Combined oxygen 15-labeled positron emission tomography (15O PET) and brain tissue oximetry have demonstrated increased oxygen diffusion gradients in hypoxic regions after traumatic brain injury (TBI). These data are consistent with microvascular ischemia and are supported by pathologic studies showing widespread microvascular collapse, perivascular edema, and microthrombosis associated with selective neuronal loss.
In a study, Volpe et al utilized PET in six premature infants (920 to 1,200 g) with major intraventricular hemorrhage and hemorrhagic intracerebral involvement to measure regional cerebral blood flow during the acute period (5 to 17 days of age).

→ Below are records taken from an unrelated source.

ghost use Rattle.std.specs.Prelude.{◌≡◌, ◌+◌, ◌*◌, ◌/◌, ◌≤◌, ◌^◌, bit_and, [], ◌∷◌, IfOk, length};
ghost use Rattle.wb_term.specs.Numbers.{bit};
ghost use Rattle.wb_term.specs.Terms.{HasWord};
ghost use Rattle.wb_term.specs.Values.{IsWord, word_value};
ghost use Rattle.wb_term.specs.Growth.{Grown, AddsAtMost};
ghost use Rattle.wb_make.specs.Inputs.{BringsOnly};
ghost use Rattle.wb_symstep.specs.State.{status};

use crate::halves::masked;
use wb_make::{mk_const, mk_or, mk_shr};
use wb_term::{Graph, OutOfMemory, WordId};

/// RQM and DRS in their bits of the status byte.
fn request_bits(rqm: bool, drs: bool) -> u16
    ensures { result ≡ bit rqm * 128 + bit drs * 16 }
{
    (u16::from(rqm) << 7) + (u16::from(drs) << 4)
}

/// The other bits of the status byte.
fn other_bits(graph: &mut Graph, sr: WordId) -> Result<WordId, OutOfMemory>
    requires sr { HasWord graph.old sr }
    requires room { length graph.old.nodes + 3 ≤ 2 ^ 31 }
    ensures value { IfOk result (λ id. IsWord graph.new id (λ inputs. bit_and (word_value inputs graph.old sr / 256) 0x6F)) }
    ensures inputs { IfOk result (λ id. BringsOnly graph.old graph.new (sr.number ∷ []) id.number) }
    ensures grown { Grown graph.old graph.new }
    ensures adds { AddsAtMost graph.old graph.new 3 16 }
{
    let high = mk_shr(graph, sr, 8)?;
    masked(graph, high, 0x6F)
}

/// The status byte: RQM and DRS over the other bits of the term.
#[tactic(auto, using(crate::proofs::BitLaws::status_byte_is))]
pub(crate) fn status_byte(
    graph: &mut Graph,
    rqm: bool,
    drs: bool,
    sr: WordId,
) -> Result<WordId, OutOfMemory>
    requires sr { HasWord graph.old sr }
    requires room { length graph.old.nodes + 5 ≤ 2 ^ 31 }
    ensures value { IfOk result (λ id. IsWord graph.new id (λ inputs. status rqm drs (word_value inputs graph.old sr) / 256)) }
    ensures inputs { IfOk result (λ id. BringsOnly graph.old graph.new (sr.number ∷ []) id.number) }
    ensures grown { Grown graph.old graph.new }
    ensures adds { AddsAtMost graph.old graph.new 5 32 }
{
    let _sr = graph.word_at(sr);
    let others = other_bits(graph, sr)?;
    let requests = mk_const(graph, request_bits(rqm, drs))?;
    mk_or(graph, others, requests)
}
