// A new supervisor (document 01, "Kept and written anew" and "The gatekeeper's questions").
#![tactic(auto)]

ghost use Rattle.std.specs.Prelude.{◌≡◌, ◌*◌, ◌==◌};
ghost use Rattle.refusals.specs.Numbers.{number_in};
ghost use Rattle.rules_record.specs.Lending.{lists_lent, lists_seen, SameLists};
ghost use Rattle.rules_record.specs.Reply.{left_inputs};
ghost use Rattle.rules_calls.specs.NewRecord.{policy_of, blank, blank_for, no_inputs};
ghost use Rattle.rules_calls.specs.NewStart.{zeroed_lists};
ghost use Rattle.rules_calls.specs.NewChecks.{margin_fits, settings_number};
ghost use Rattle.rules_calls.specs.NewReply.{new_reply};

use inputs_commands::Commands;
use policy::DelayPolicy;
use refusals::Refusal;
use rules_calls::Settings;
use rules_record::{AllLists, AllView, ExtraDelay, Flow, FlowEntry, Inputs, Instance, Output};

mod loading;
mod start;

// ---- the record without delays
fn policy_of(settings: Settings) -> DelayPolicy
    ensures { result ≡ policy_of settings }
{
    DelayPolicy {
        read_offset: settings.read_offset,
        delay_max: settings.delay_max,
        hold: settings.hold,
        window: settings.window,
        margin: settings.margin,
        margin_share: settings.percent / 100.0,
    }
}

// Every place of the three tables is unused.
pub fn blank(count: usize, policy: DelayPolicy, width: u32, stall: u64, confirm: bool) -> Inputs
    ensures { result ≡ blank count policy width stall confirm }
{
    let slot = inputs_slots::empty_slot();
    let slots = [slot; 16];
    let flow = Flow { high: 0, low: 0 };
    let remembered = None;
    let entry = FlowEntry { flow, remembered };
    let flows = [entry; 64];
    let key = Instance { flow: 0, inode: 0 };
    let instances = [key; 18];
    Inputs {
        count,
        policy,
        width,
        stall,
        confirm,
        slots,
        flows,
        flow_count: 0,
        unsaved: false,
        instances,
        instance_count: 0,
    }
}

fn blank_for(settings: Settings) -> Inputs
    ensures { result ≡ blank_for settings }
{
    let policy = policy_of(settings);
    blank(
        settings.count,
        policy,
        settings.width,
        settings.stall,
        settings.confirm,
    )
}

// ---- the checks
// Is margin at most 96,000, percent 0 to 1,000 and no NaN (check 4)?
#[tactic(auto, unfolding(rules_calls::specs::NewChecks::margin_fits, policy::specs::Settings::percent_allowed, base::specs::Choice::both))]
fn margin_fits(settings: Settings) -> bool
    ensures { result ≡ margin_fits settings }
{
    settings.margin <= base::SAMPLES_LIMIT
        && (settings.percent >= 0.0 && settings.percent <= 1000.0)
}

// Are there 16 flow bytes to each loaded delay (check 5)?
fn bytes_fit(bytes: usize, delays: usize) -> bool
    ensures { result ≡ (bytes == delays * 16) }
{
    bytes % 16 == 0 && bytes / 16 == delays
}

// Checks 1 to 5.
fn check_settings(
    settings: Settings,
    bytes: usize,
    delays: usize,
    lists: AllView<'_>,
    words: usize,
) -> Result<(), Refusal>
    ensures { number_in result ≡ settings_number settings bytes delays (lists_seen lists.entry) words 0 }
{
    if !inputs_checks::inputs_allowed(settings.count) {
        return Err(Refusal::InputCount);
    }
    buckets::check_ranges(settings.read_offset, settings.delay_max, settings.width)?;
    let policy = policy_of(settings);
    if !inputs_checks::pauses_allowed(policy, settings.stall) {
        return Err(Refusal::Pause);
    }
    if !margin_fits(settings) {
        return Err(Refusal::Margin);
    }
    let buckets = buckets::inner::buckets_of(
        settings.read_offset,
        settings.delay_max,
        settings.width,
    );
    if !inputs_checks::inner::lists_fit(settings.count, buckets, lists) {
        return Err(Refusal::ListLength);
    }
    if !inputs_checks::inner::output_fits(settings.count, Output::Words(words)) {
        return Err(Refusal::ListLength);
    }
    if !bytes_fit(bytes, delays) {
        return Err(Refusal::ListLength);
    }
    Ok(())
}

// ---- the call
fn zero_lists(lists: &mut AllLists<'_>)
    ensures zeroed { lists_lent lists.new ≡ zeroed_lists (lists_lent lists.old) }
    ensures same { SameLists lists.old lists.new }
{
    lists.starts.fill(0);
    lists.totals.fill(0);
    lists.counts.fill(0);
    lists.sums.fill(0);
    lists.times.fill(0);
    lists.peaks.fill(0);
}

// A supervisor with these settings, a delay kind for each input, and the remembered delays that the host loaded: 16 flow bytes to each.
pub fn new(
    settings: Settings,
    kinds: [ExtraDelay; 16],
    flows: &[u8],
    delays: &[u32],
    time: u64,
    lists: &mut AllLists<'_>,
    commands: &mut [u32],
) -> Result<Inputs, Refusal>
    ensures left { left_inputs no_inputs result (lists_lent lists.new) commands.new ≡ new_reply settings kinds flows.now delays.now time (lists_lent lists.old) commands.old }
    ensures same { SameLists lists.old lists.new }
{
    check_settings(
        settings,
        flows.len(),
        delays.len(),
        lists.view(),
        commands.len(),
    )?;
    if base::TIME_LIMIT < time {
        return Err(Refusal::Time);
    }
    let Some(all) = loading::load(blank_for(settings), flows, delays) else {
        return Err(Refusal::FlowTable);
    };
    zero_lists(lists);
    commands.fill(0);
    let mut sent = Commands {
        words: commands,
        used: 0,
    };
    Ok(start::started(all, settings.count, kinds, time, &mut sent))
}
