// The inputs of a new supervisor: their kinds, and the delays of the manual ones.
ghost use Rattle.std.specs.Prelude.{◌≡◌, ◌*◌, ◌<◌, ◌≤◌};
ghost use Rattle.inputs_commands.specs.Sending.{Room, CanSend, Does};
ghost use Rattle.rules_calls.specs.NewStart.{kind_at, made_at, started_one, started_below};

use inputs_commands::Commands;
use rules_record::{ExtraDelay, InputConfig, Inputs, Slot};

// The delay kind of input i; there are 16 places.
fn kind_at(kinds: [ExtraDelay; 16], i: usize) -> ExtraDelay
    requires { i < 16 }
    ensures { result ≡ kind_at kinds i }
{
    kinds[i]
}

// The kind of input i is stored, with the time of the call for its head.
fn made_at(inputs: Inputs, i: usize, kind: ExtraDelay, time: u64) -> Inputs
    ensures { result ≡ made_at i kind time inputs }
{
    let config = InputConfig { extra_delay: kind };
    let slot = inputs_slots::slot_at(inputs, i);
    let made = Slot {
        config,
        last_head: 0,
        head_changed: time,
        ..slot
    };
    inputs_slots::put_slot(inputs, i, made)
}

// A manual input gets the smaller of its samples and the maximum.
fn started_one(
    inputs: Inputs,
    i: usize,
    kind: ExtraDelay,
    time: u64,
    commands: &mut Commands<'_>,
) -> Inputs
    requires { CanSend i commands.old }
    ensures { Does 3 (started_one i kind time inputs) result commands.old commands.new }
{
    let all = made_at(inputs, i, kind, time);
    let ExtraDelay::Ms(delay) = kind else {
        return all;
    };
    let policy = inputs.policy;
    let samples = doubles::samples(delay).min(policy.delay_max);
    inputs_set_delay::inner::set_delay(all, i, samples, time, commands)
}

// The inputs in their order.
pub(crate) fn started(
    inputs: Inputs,
    count: usize,
    kinds: [ExtraDelay; 16],
    time: u64,
    commands: &mut Commands<'_>,
) -> Inputs
    requires { Room (count * 3) commands.old × (count ≤ 16) }
    ensures { Does (count * 3) (started_below count kinds time inputs) result commands.old commands.new }
{
    let mut all = inputs;
    for i in 0..count {
        all = started_one(all, i, kind_at(kinds, i), time, commands);
    }
    all
}
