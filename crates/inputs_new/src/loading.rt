// The remembered delays that the host loaded: 16 flow bytes to each, a flow named twice keeps the last.
ghost use Rattle.std.specs.Prelude.{◌≡◌, ◌+◌, ◌*◌, ◌<◌, ◌≤◌, true, length};
ghost use Rattle.std.specs.Option.{is_some};
ghost use Rattle.rules_record.specs.declared.Inputs.{Inputs};
ghost use Rattle.rules_calls.specs.NewLoading.{loaded_flow, loaded_one, loaded_below, load_fits};

use rules_record::{Flow, Inputs};

// The flow of loaded delay k.
fn flow_of(bytes: &[u8], k: usize) -> Flow
    requires { k * 16 + 16 ≤ length bytes.now }
    ensures { result ≡ loaded_flow bytes.now k }
{
    inputs_flows::inner::flow_from(bytes, k * 16)
}

// The flow is enrolled, and the delay is remembered for it.
fn load_one(inputs: Inputs, flow: Flow, delay: u32) -> Inputs
    ensures { result ≡ loaded_one flow delay inputs }
{
    let all = inputs_flows::enrol(inputs, flow);
    let place = inputs_flows::find(all, flow);
    inputs_flows::keep(all, place, delay)
}

// Each flow in its turn, until one has no room (check 9).
pub(crate) fn load(inputs: Inputs, bytes: &[u8], delays: &[u32]) -> Option<Inputs>
    requires { length bytes.now ≡ length delays.now * 16 }
    ensures fits_value { is_some result ≡ load_fits (length delays.now) bytes.now delays.now inputs }
    ensures inputs_value { (all : Inputs) → result ≡ Some all → all ≡ loaded_below (length delays.now) bytes.now delays.now inputs }
{
    let mut all = inputs;
    for (k, delay) in delays.iter().enumerate() {
        let flow = flow_of(bytes, k);
        if !inputs_flows::has_room(all, flow) {
            return None;
        }
        all = load_one(all, flow, *delay);
    }
    Some(all)
}
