// What an accepted call answers. A call gives a `Result`: its answer, or the ground on which it is turned away.

// How fresh a quote is: the state to which the last step naming the offer leads, or that the table answered. The state has 64 bits, so that
// it lies in an answer where a count does, and answers are copied by whole words.
#[derive(Clone, Copy, Debug, PartialEq, Eq)]
pub enum Since {
    State(u64),
    Table,
}

// The price of an offer at a state, or that it has none, and since when. Price 0 is a price.
#[derive(Clone, Copy, Debug, PartialEq, Eq)]
pub struct Quote {
    pub price: Option<u32>,
    pub since: Since,
}

// What an accepted call answers: that it is done, the quote of a lookup, or the count of the bytes written.
#[derive(Clone, Copy, Debug, PartialEq, Eq)]
pub enum Answer {
    Done,
    Quoted(Quote),
    Count(usize),
}
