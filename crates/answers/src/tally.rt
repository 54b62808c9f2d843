// The tally of the steps: what a call counts, and the one place where counts are worked out.
ghost use Rattle.std.specs.Prelude.{◌≡◌, ◌-◌};
ghost use Rattle.answers.specs.Counts.{resets, step_counts, counts_of, count_after, tally_after};

use crate::answer::Answer;
use crate::call::{Call, Step};
use crate::ground::Ground;

// The steps committed, rolled back and flushed since the last clear, load or restart.
#[derive(Clone, Copy, Debug, Default, PartialEq, Eq)]
pub struct Tally {
    pub committed: u64,
    pub rolled_back: u64,
    pub flushed: u64,
}

// Whether the call sets the tally to zero where it is accepted.
fn resets(call: Call) -> bool
    ensures { result ≡ resets call }
{
    matches!(call, Call::Reset(_))
}

// How many states lie from one up to another; none where the other is lower.
fn steps_between(from: u32, to: u32) -> u64
    ensures { result ≡ to - from }
{
    u64::from(to.saturating_sub(from))
}

// The tally of a call on the steps alone, if it is accepted with this checkpoint and tip.
fn step_counts(checkpoint: u32, tip: u32, step: Step) -> Tally
    ensures { result ≡ step_counts checkpoint tip step }
{
    match step {
        Step::Commit => Tally {
            committed: 1,
            ..Tally::default()
        },
        Step::RollBack(state) => Tally {
            rolled_back: steps_between(state, tip),
            ..Tally::default()
        },
        Step::Flush(state) => Tally {
            flushed: steps_between(checkpoint, state),
            ..Tally::default()
        },
    }
}

// The same of any call: only those on the steps count.
fn counts_of(checkpoint: u32, tip: u32, call: Call) -> Tally
    ensures { result ≡ counts_of checkpoint tip call }
{
    match call {
        Call::Step(step) => step_counts(checkpoint, tip, step),
        _ => Tally::default(),
    }
}

// A count after a call, which adds so much to it where it is accepted.
fn count_after(answer: Result<Answer, Ground>, call: Call, count: u64, more: u64) -> u64
    ensures { result ≡ count_after answer call count more }
{
    if answer.is_err() {
        return count;
    }
    if resets(call) {
        return 0;
    }
    count.saturating_add(more)
}

// The tally after a call, from the checkpoint and the tip before it.
pub fn tally_after(
    tally: Tally,
    checkpoint: u32,
    tip: u32,
    call: Call,
    answer: Result<Answer, Ground>,
) -> Tally
    ensures { result ≡ tally_after tally checkpoint tip call answer }
{
    let more = counts_of(checkpoint, tip, call);
    Tally {
        committed: count_after(answer, call, tally.committed, more.committed),
        rolled_back: count_after(answer, call, tally.rolled_back, more.rolled_back),
        flushed: count_after(answer, call, tally.flushed, more.flushed),
    }
}
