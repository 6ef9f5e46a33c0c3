//! The names of disks.

/// Which disk it is. A datanode goes by its number, from 0.
#[derive(Clone, Copy, Debug, PartialEq, Eq)]
pub enum DiskName {
    Manager,
    /// The storage container manager's.
    Scm,
    /// Where a datanode notes which blocks it holds.
    Meta(u8),
    /// Where it has their bytes.
    Slots(u8),
}
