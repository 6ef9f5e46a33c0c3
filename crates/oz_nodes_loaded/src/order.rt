//! Loading in order: the storage container manager, then each datanode, and then the ids are compared.

ghost use Rattle.std.specs.Prelude.{◌≡◌, ◌≤◌, ◌<◌, ℕ, [], length, map, vec_len, vec_capacity, IfOk, IfErr};
ghost use Rattle.std.specs.List.{AllZip};
ghost use Rattle.oz_datanode.specs.Datanode.{node_in};
ghost use Rattle.oz_nodes.specs.declared.nodes.TheConstants.{FEWEST_NODES, MOST_NODES};
ghost use Rattle.oz_nodes_loaded.specs.Disks.{LeavesScm, LeavesNode};
ghost use Rattle.oz_nodes_loaded.specs.Ids.{AreBelow};
ghost use Rattle.oz_nodes_loaded.specs.Loads.{IsNodeFrom, IsScmFrom, AreNodesFrom};
ghost use Rattle.oz_nodes_loaded.specs.Refused.{IsSo};
ghost use Rattle.oz_nodes_loaded.specs.Steps.{Agrees, Disagrees, EndsWith, IsOfNode, IsOfScm};
ghost use Rattle.oz_world.specs.Disk.{seen};

use crate::fault::{StoreFault, of_node, of_scm};
use crate::ids::greatest_seen;
use crate::loaded::{LoadedNodes, RefusedNodes, disks_of, put_back};
use oz_datanode::{Datanode, NodeDisks};
use oz_scm::Scm;
use oz_world::Disk;
use std::alloc::Global;

/// Loads the storage container manager and then each datanode, whose number is its place, and compares their ids with
/// the next one that is granted. `greatest` is the greatest local id in any row of the manager, 0 for none. All disks
/// come back where it can't: those that were loaded as that left them, and those behind the fault as they were.
pub fn load_nodes<D: Disk>(
    alloc: Global,
    scm: D,
    nodes: Vec<NodeDisks<D>>,
    greatest: u64,
) -> Result<LoadedNodes<D>, RefusedNodes<D>>
    requires least { FEWEST_NODES ≤ length nodes.items }
    requires most { length nodes.items ≤ MOST_NODES }
    ensures scm { IfOk result (λ loaded.
        let see = (λ (d : D). seen (D.told d) (D.clock d) (D.image d) (D.faults d)) in
        IsScmFrom see (length nodes.items) scm loaded.scm) }
    ensures nodes { IfOk result (λ loaded.
        let see = (λ (d : D). seen (D.told d) (D.clock d) (D.image d) (D.faults d)) in
        AreNodesFrom see 0 nodes.items loaded.nodes.items) }
    ensures fresh { IfOk result (λ loaded.
        AreBelow greatest (map node_in loaded.nodes.items) loaded.scm.made.next_id) }

    // Why it can't, and what comes back.
    ensures so { IfErr result (λ refused.
        let see = (λ (d : D). seen (D.told d) (D.clock d) (D.image d) (D.faults d)) in
        IsSo see greatest scm nodes.items refused.scm refused.nodes.items refused.fault) }
    ensures scm_left { IfErr result (λ refused.
        let see = (λ (d : D). seen (D.told d) (D.clock d) (D.image d) (D.faults d)) in
        LeavesScm (length nodes.items) (see scm) (see refused.scm)) }
    ensures nodes_left { IfErr result (λ refused.
        let see = (λ (d : D). seen (D.told d) (D.clock d) (D.image d) (D.faults d)) in
        AllZip (LeavesNode see) nodes.items refused.nodes.items) }
{
    let given = nodes.len() as u8;
    let scm = match load_scm(alloc, scm, given) {
        Ok(scm) => scm,
        Err((scm, fault)) => return Err(RefusedNodes { scm, nodes, fault }),
    };
    let Ok(room) = Vec::with_capacity(alloc, nodes.len()) else {
        return Err(RefusedNodes {
            scm: scm.into_disk(),
            nodes,
            fault: StoreFault::OutOfMemory,
        });
    };
    match load_datanodes(alloc, room, nodes) {
        Ok((nodes, room)) => compared(scm, nodes, room, greatest),
        Err((nodes, fault)) => Err(RefusedNodes {
            scm: scm.into_disk(),
            nodes,
            fault,
        }),
    }
}

/// Loads the storage container manager.
fn load_scm<D: Disk>(alloc: Global, disk: D, given: u8) -> Result<Scm<D>, (D, StoreFault)>
    requires least { FEWEST_NODES ≤ given }
    requires most { given ≤ MOST_NODES }
    ensures scm { IfOk result (λ scm.
        let see = (λ (d : D). seen (D.told d) (D.clock d) (D.image d) (D.faults d)) in
        IsScmFrom see given disk scm) }
    ensures says { IfErr result (λ refused.
        let see = (λ (d : D). seen (D.told d) (D.clock d) (D.image d) (D.faults d)) in
        IsOfScm given refused.1 (see disk) (see refused.0)) }
    ensures left { IfErr result (λ refused.
        let see = (λ (d : D). seen (D.told d) (D.clock d) (D.image d) (D.faults d)) in
        LeavesScm given (see disk) (see refused.0)) }
{
    match Scm::load(alloc, disk, given) {
        Ok(scm) => Ok(scm),
        Err((disk, fault)) => Err((disk, of_scm(fault))),
    }
}

/// Loads the datanodes in their order, into a list that has room for them. With them comes the list that had their disks.
fn load_datanodes<D: Disk>(
    alloc: Global,
    room: Vec<Datanode<D>>,
    nodes: Vec<NodeDisks<D>>,
) -> Result<(Vec<Datanode<D>>, Vec<NodeDisks<D>>), (Vec<NodeDisks<D>>, StoreFault)>
    requires empty { room.items ≡ [] }
    requires enough { vec_len nodes ≤ vec_capacity room }
    requires few { vec_len nodes ≤ MOST_NODES }
    ensures nodes { IfOk result (λ loaded.
        let see = (λ (d : D). seen (D.told d) (D.clock d) (D.image d) (D.faults d)) in
        AreNodesFrom see 0 nodes.items loaded.0.items) }
    ensures emptied { IfOk result (λ loaded. loaded.1.items ≡ []) }
    ensures enough { IfOk result (λ loaded. vec_len loaded.0 ≤ vec_capacity loaded.1) }
    ensures ends { IfErr result (λ refused.
        let see = (λ (d : D). seen (D.told d) (D.clock d) (D.image d) (D.faults d)) in
        EndsWith see refused.1 nodes.items refused.0.items) }
    ensures left { IfErr result (λ refused.
        let see = (λ (d : D). seen (D.told d) (D.clock d) (D.image d) (D.faults d)) in
        AllZip (LeavesNode see) nodes.items refused.0.items) }
{
    let mut loaded = room;
    let mut behind = nodes;
    behind.reverse();
    while let Some(disks) = behind.pop() {
        match load_one(alloc, loaded.len() as u8, disks) {
            Ok(node) => loaded.push_reserved(node),
            Err((disks, fault)) => {
                behind.push_reserved(disks);
                return Err((put_back(loaded, behind), fault));
            }
        }
    }
    Ok((loaded, behind))
}

/// Loads one datanode.
fn load_one<D: Disk>(
    alloc: Global,
    dn: u8,
    disks: NodeDisks<D>,
) -> Result<Datanode<D>, (NodeDisks<D>, StoreFault)>
    ensures node { IfOk result (λ node.
        let see = (λ (d : D). seen (D.told d) (D.clock d) (D.image d) (D.faults d)) in
        IsNodeFrom see dn disks node) }
    ensures says { IfErr result (λ refused.
        let see = (λ (d : D). seen (D.told d) (D.clock d) (D.image d) (D.faults d)) in
        IsOfNode see dn refused.1 disks refused.0) }
    ensures left { IfErr result (λ refused.
        let see = (λ (d : D). seen (D.told d) (D.clock d) (D.image d) (D.faults d)) in
        LeavesNode see disks refused.0) }
{
    match Datanode::load(alloc, dn, disks) {
        Ok(node) => Ok(node),
        Err((disks, fault)) => Err((disks, of_node(dn, fault))),
    }
}

/// What was loaded, unless an id isn't below the next one.
fn compared<D: Disk>(
    scm: Scm<D>,
    nodes: Vec<Datanode<D>>,
    room: Vec<NodeDisks<D>>,
    greatest: u64,
) -> Result<LoadedNodes<D>, RefusedNodes<D>>
    requires empty { room.items ≡ [] }
    requires enough { vec_len nodes ≤ vec_capacity room }
    ensures agrees { IfOk result (λ loaded. Agrees greatest scm nodes.items loaded.scm loaded.nodes.items) }
    ensures not { IfErr result (λ refused.
        Disagrees greatest scm nodes.items refused.scm refused.nodes.items refused.fault) }
{
    let next = scm.next_id();
    let seen = greatest_seen(&nodes, greatest);
    if seen < next {
        return Ok(LoadedNodes { scm, nodes, room });
    }
    Err(RefusedNodes {
        scm: scm.into_disk(),
        nodes: disks_of(nodes, room),
        fault: StoreFault::Ids { next, seen },
    })
}
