//! The local ids of blocks that were loaded.

ghost use Rattle.std.specs.Prelude.{map};
ghost use Rattle.oz_datanode.specs.Datanode.{node_in};
ghost use Rattle.oz_nodes_loaded.specs.Ids.{IsGreatestSeen};

use oz_datanode::Datanode;
use oz_world::Disk;

/// The greatest local id of a block that the manager or a datanode has, where `greatest` is the manager's.
pub(crate) fn greatest_seen<D: Disk>(nodes: &[Datanode<D>], greatest: u64) -> u64
    ensures { IsGreatestSeen greatest (map node_in nodes.now) result }
{
    let mut seen = greatest;
    for node in nodes {
        seen = seen.max(node.greatest_id());
    }
    seen
}
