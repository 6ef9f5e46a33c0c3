//! Why nothing is loaded.

ghost use Rattle.std.specs.Prelude.{◌≡◌};
ghost use Rattle.oz_nodes_loaded.specs.Steps.{name_of, named, scm_fault_of};

use crate::disk_name::DiskName;
use oz_datanode::NodeFault;
use oz_scm::ScmFault;

/// Why the disks of a store weren't loaded: the manager's, the storage container manager's or a datanode's.
#[derive(Clone, Copy, Debug, PartialEq, Eq)]
pub enum StoreFault {
    /// A disk failed while it was loaded.
    Disk { name: DiskName },
    /// What a disk has isn't of its form. The offset is the place of the first bad field; on a disk of slots it is the
    /// beginning of the lowest slot in use that passes the end.
    Damaged { name: DiskName, offset: u64 },
    /// The storage container manager's journal names another number of datanodes than was given.
    Nodes { recorded: u8, given: u8 },
    /// The manager or a datanode has a block whose local id isn't below the next one that is granted. The greatest such
    /// id is `seen`.
    Ids { next: u64, seen: u64 },
    OutOfMemory,
}

/// A fault of the storage container manager's disk.
pub(crate) fn of_scm(fault: ScmFault) -> StoreFault
    ensures { result ≡ scm_fault_of fault }
{
    match fault {
        ScmFault::Disk => StoreFault::Disk {
            name: DiskName::Scm,
        },
        ScmFault::Damaged { offset } => StoreFault::Damaged {
            name: DiskName::Scm,
            offset,
        },
        ScmFault::Nodes { recorded, given } => StoreFault::Nodes { recorded, given },
        ScmFault::OutOfMemory => StoreFault::OutOfMemory,
    }
}

/// A fault of the datanode that has this number.
pub(crate) fn of_node(dn: u8, fault: NodeFault) -> StoreFault
    ensures { result ≡ named dn fault }
{
    match fault {
        NodeFault::Disk { slots } => StoreFault::Disk {
            name: disk_name(dn, slots),
        },
        NodeFault::Damaged { slots, offset } => StoreFault::Damaged {
            name: disk_name(dn, slots),
            offset,
        },
        NodeFault::OutOfMemory => StoreFault::OutOfMemory,
    }
}

/// The name of a datanode's disk: that of the slots, or the journal.
fn disk_name(dn: u8, slots: bool) -> DiskName
    ensures { result ≡ name_of dn slots }
{
    if slots {
        DiskName::Slots(dn)
    } else {
        DiskName::Meta(dn)
    }
}
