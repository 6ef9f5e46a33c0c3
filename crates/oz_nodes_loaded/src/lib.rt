//! What is loaded from the disks of all nodes, in their order, and the opening of a run for which it stands.
#![tactic(auto)]

mod disk_name;
mod fault;
mod ids;
mod laws;
mod loaded;
mod nodes_opened;
mod order;
mod store_opening;

pub use disk_name::DiskName;
pub use fault::StoreFault;
pub use laws::what_loads_is_not_refused;
pub use loaded::{LoadedNodes, RefusedNodes, disks_of};
pub use nodes_opened::{
    a_loaded_scm_stands_for_the_opening, loaded_datanodes_stand_for_the_opening,
};
pub use order::load_nodes;
pub use oz_node_events::{a_loaded_datanode_stands, its_seat_alone_tells};
pub use store_opening::{
    all_disks_are_a_store, an_empty_store_agrees, an_opening_has_what_was_loaded,
    bytes_that_are_intact_have_their_digests, disks_have_one_opening,
    each_block_has_the_length_of_its_bytes, each_row_has_the_length_of_its_block,
    no_id_is_granted_again, unwritten_disks_are_a_store,
};
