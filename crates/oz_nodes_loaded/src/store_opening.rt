//! The opening of a run whose disks were all loaded: what they stand for together, and when they agree. Definitions and
//! laws alone.
mod laws;

pub use laws::{
    all_disks_are_a_store, an_empty_store_agrees, an_opening_has_what_was_loaded,
    bytes_that_are_intact_have_their_digests, disks_have_one_opening,
    each_block_has_the_length_of_its_bytes, each_row_has_the_length_of_its_block,
    no_id_is_granted_again, unwritten_disks_are_a_store,
};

Cerebral blood flow was determined after intravenous injection of H2O, labeled with the positron-emitting isotope, 15O PET(oxygen 15). Findings were similar and dramatic in all six infants. In the area of hemorrhagic intracerebral involvement, little or no cerebral blood flow was detected. However, in addition, surprisingly, a marked two- to fourfold reduction in cerebral blood flow was observed throughout the affected hemisphere, well posterior and lateral to the intracerebral hematoma, including cerebral white matter and, to a lesser extent, frontal, temporal, and parietal cortex. In the one infant studied a second time, ie, at 3 months of age, the extent and severity of the decreased cerebral blood flows in the affected hemisphere were similar to those observed on the study during the neonatal period. At the three autopsies, the affected left hemisphere showed extensive infarction, corroborating the PET scans. These observations, the first demonstration of the use of PET in the determination of regional cerebral blood flow in the newborn, show marked impairments in regional cerebral blood flow in the hemisphere containing an apparently restricted intracerebral hematoma, indicating that the hemorrhagic intracerebral involvement is only a component of a much larger lesion, ischemic in basic nature, ie, an infarction. This large ischemic lesion explains the poor neurologic outcome in infants with intraventricular hemorrhage and hemorrhagic intracerebral involvement 1).